E H Ng et al. Hum Reprod. 2001 Apr.

Abstract

Chlamydia antibody testing (CAT) has been used to predict tubal pathology associated with Chlamydia infection, the leading cause of pelvic inflammatory disease (PID). Tubal pathology not related to C. trachomatis is unlikely to be identified by CAT alone. A correlation between serum CA-125 concentrations and the severity of adnexal inflammation during acute PID was demonstrated. The objectives of this study were to determine the prevalence of C. trachomatis infection in an Asian infertile population and to assess the role of a combination of serum CA-125 and CAT in the prediction of tubal pathology as shown by laparoscopy. A total of 110 consecutive women attending an infertility clinic for work-up were recruited. Blood was taken for CAT and CA-125 on the day of hospital admission and an endocervical swab was taken for culture of C. trachomatis prior to laparoscopy.

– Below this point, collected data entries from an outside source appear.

/// GLOBAL, MANIFEST or STATIC with its entries. Returns the index after the closing bracket.
#[cycle(walk)]
fn entries(walk: Walk<'_>, notes: &mut Notes, at: usize, to: usize) -> usize {
    if walk.depth == 0 {
        notes.complain(walk.source, at, Fault::TooDeep);
        return to;
    }
    let source = walk.source;
    let opening = following(at, to);
    if source.kind(opening) != Kind::OpenSection {
        return opening;
    }
    let closing = inside_end(source, opening, to);
    let mut entry = following(opening, to);
    let mut last = None;
    for _ in at..to {
        if entry >= closing {
            break;
        }
        let next = following(entry, closing);
        if source.kind(entry) != Kind::Name {
            if source.kind(entry) == Kind::Comma {
                notes.replace(entry, b";");
            }
            entry = next;
        } else if matches!(source.kind(next), Kind::Equal | Kind::Colon) {
            let start = following(next, closing);
            let end = expression(walk.deeper(), notes, 2, start, closing);
            tell_absolutes(source, notes, start, end);
            last = continued(source, start, end);
            entry = end.max(start);
        } else {
            if ends_entry(source, next, closing) {
                last = put_entry(source, notes, at, entry, last);
            }
            entry = next;
        }
    }
    following(closing, to)
}

/// The constants of a CASE. Returns the index after them.
#[cycle(walk)]
fn cases(walk: Walk<'_>, notes: &mut Notes, at: usize, to: usize) -> usize {
    if walk.depth == 0 {
        notes.complain(walk.source, at, Fault::TooDeep);
        return to;
    }
    let source = walk.source;
    let mut start = at;
    for _ in at..to {
        let mut end = expression(walk.deeper(), notes, 2, start, to);
        if source.kind(end) == Kind::To {
            let from = following(end, to);
            let last = expression(walk.deeper(), notes, 2, from, to);
            put_range(source, notes, (start, end), (from, last));
            end = last;
        }
        tell_absolutes(source, notes, start, end);
        if source.kind(end) != Kind::Comma {
            return end;
        }
        replace_apart(source, notes, end, b": CASE");
        start = following(end, to);
    }
    start
}

/// Writes out a range of cases. The constants are in these two ranges of tokens.
fn put_range(
    source: TokenizedText<'_>,
    notes: &mut Notes,
    first: (usize, usize),
    last: (usize, usize),
) {
    let low = case_constant(source, first.0, first.1);
    let high = case_constant(source, last.0, last.1);
    let text = cases_between(notes.alloc(), low, high);
    match notes.made(text) {
        Some(Some(text)) => {
            notes.take_gap(source, first.1);
            replace_apart(source, notes, first.1, text.as_slice());
        }
        _ => notes.complain(source, first.0, Fault::CaseRange),
    }
}

/// A construct that begins with an operand: an assignment, a call, or expressions separated by commas. Returns the
/// index after it.
#[cycle(walk)]
fn command(walk: Walk<'_>, notes: &mut Notes, at: usize, to: usize) -> usize {
    if walk.depth == 0 {
        notes.complain(walk.source, at, Fault::TooDeep);
        return to;
    }
    let source = walk.source;
    let left = operand(walk.deeper(), notes, at, to, false);
    if is_compound(source, left.end) {
        return compound(walk.deeper(), notes, at, left, to);
    }
    if matches!(source.kind(left.end), Kind::Assign | Kind::Underline) {
        return assignment(walk.deeper(), notes, at, left, to);
    }
    finish(notes, at, left);
    let first = Part {
        at,
        end: left.end,
        to,
    };
    let mut end = operators(walk.deeper(), notes, 0, first);
    let mut has_byte = left.byte.is_some();
    for _ in at..to {
        if source.kind(end) != Kind::Comma || end >= to {
            break;
        }
        let start = following(end, to);
        let further = operand(walk.deeper(), notes, start, to, false);
        has_byte = has_byte || further.byte.is_some();
        finish(notes, start, further);
        let part = Part {
            at: start,
            end: further.end,
            to,
        };
        end = operators(walk.deeper(), notes, 0, part);
    }
    if is_compound(source, end) {
        notes.complain(source, end, Fault::OperatorInList);
        end = following(following(end, to), to);
    } else if has_byte && source.kind(end) == Kind::Assign {
        notes.complain(source, at, Fault::ByteInList);
    }
    end.max(following(at, to))
}

/// An assignment to `left`, whose `:=` follows it.
#[cycle(walk)]
fn assignment(walk: Walk<'_>, notes: &mut Notes, at: usize, left: Operand, to: usize) -> usize {
    if walk.depth == 0 {
        notes.complain(walk.source, at, Fault::TooDeep);
        return to;
    }
    let source = walk.source;
    let start = following(left.end, to);
    if let Some(percent) = left.byte {
        let end = expression(walk.deeper(), notes, 1, start, to);
        put_byte_of(source, notes, at, percent, left.end);
        notes.put_after(end, b")");
        return end;
    }
    start
}

/// Whether the token before an index has no counterpart here, as OF.
fn is_after_foreign(source: TokenizedText<'_>, index: usize) -> bool {
    index > 0 && source.kind(index - 1) == Kind::Foreign
}

/// An assignment with an operator to `left`. The operator follows it.
#[cycle(walk)]
fn compound(walk: Walk<'_>, notes: &mut Notes, at: usize, left: Operand, to: usize) -> usize {
    if walk.depth == 0 {
        notes.complain(walk.source, at, Fault::TooDeep);
        return to;
    }
    let source = walk.source;
    let start = following(following(left.end, to), to);
    let right = operand(walk.deeper(), notes, start, to, false);
    finish(notes, start, right);
    let part = Part {
        at: start,
        end: right.end,
        to,
    };
    let end = operators(walk.deeper(), notes, 1, part);
    if is_after_foreign(source, at) {
        return end;
    }
    if !is_plain(source, at, left.end) {
        notes.complain(source, at, Fault::CallOnTheLeft);
        return end;
    }
    if end != right.end || matches!(source.kind(start), Kind::Add | Kind::Not) {
        notes.put_before(start, b"(");
        notes.put_after(end, b")");
    }
    put_compound(source, notes, at, left, end);
    end
}

/// The expression that begins at an index, with operators that bind at least as tightly as `level`. Returns the index
/// after it.
#[cycle(walk)]
fn expression(walk: Walk<'_>, notes: &mut Notes, level: u8, at: usize, to: usize) -> usize {
    if walk.depth == 0 {
        notes.complain(walk.source, at, Fault::TooDeep);
        return to;
    }
    let left = operand(walk.deeper(), notes, at, to, false);
    if left.end <= at {
        return at;
    }
    finish(notes, at, left);
    let part = Part {
        at,
        end: left.end,
        to,
    };
    operators(walk.deeper(), notes, level, part)
}

/// The operators after an operand, with their right operands, that bind at least as tightly as `level`. Returns the index
/// after them.
#[cycle(walk)]
fn operators(walk: Walk<'_>, notes: &mut Notes, level: u8, part: Part) -> usize {
    let Part { at, end, to } = part;
    if walk.depth == 0 {
        notes.complain(walk.source, at, Fault::TooDeep);
        return to;
    }
    let source = walk.source;
    let mut end = end;
    let mut chain: Option<Chain> = None;
    for _ in at..to {
        let operator = level_at(source, end);
        if end >= to || operator == 0 || operator < level {
            break;
        }
        let start = following(end, to);
        let next = if operator == 1 {
            choice(walk.deeper(), notes, start, to)
        } else {
            expression(walk.deeper(), notes, operator.saturating_add(1), start, to)
        };
        if operator == 7 {
            let state = match chain {
                None => ChainState::Single,
                Some(chain) => chain.join(source, notes, level > 4),
            };
            chain = Some(Chain {
                at,
                from: start,
                to: next,
                state,
            });
        } else if operator < 7 {
            close(notes, end, chain);
            chain = None;
        }
        end = next;
    }
    close(notes, end, chain);
    end
}

/// Closes a chain of relations.
fn close(notes: &mut Notes, end: usize, chain: Option<Chain>) {
    match chain {
        None => {}
        Some(chain) => close_chain(notes, end, chain.state),
    }
}

/// The two parts after `->`.
#[cycle(walk)]
fn choice(walk: Walk<'_>, notes: &mut Notes, at: usize, to: usize) -> usize {
    if walk.depth == 0 {
        notes.complain(walk.source, at, Fault::TooDeep);
        return to;
    }
    let end = expression(walk.deeper(), notes, 1, at, to);
    if walk.source.kind(end) != Kind::Comma {
        return end;
    }
    expression(walk.deeper(), notes, 1, following(end, to), to)
}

Two (1.8%) women had C. trachomatis found in the endocervix and 28 (25.5%) women had CAT of > or = 1:32. Serum CA-125 concentrations were > 35 IU/ml in 11 (10%) women. The discriminative capacity of CAT in the diagnosis of tubal pathology including both proximal and distal obstruction was not improved by measuring serum CA-125, regardless of the threshold values of serum CA-125 concentration.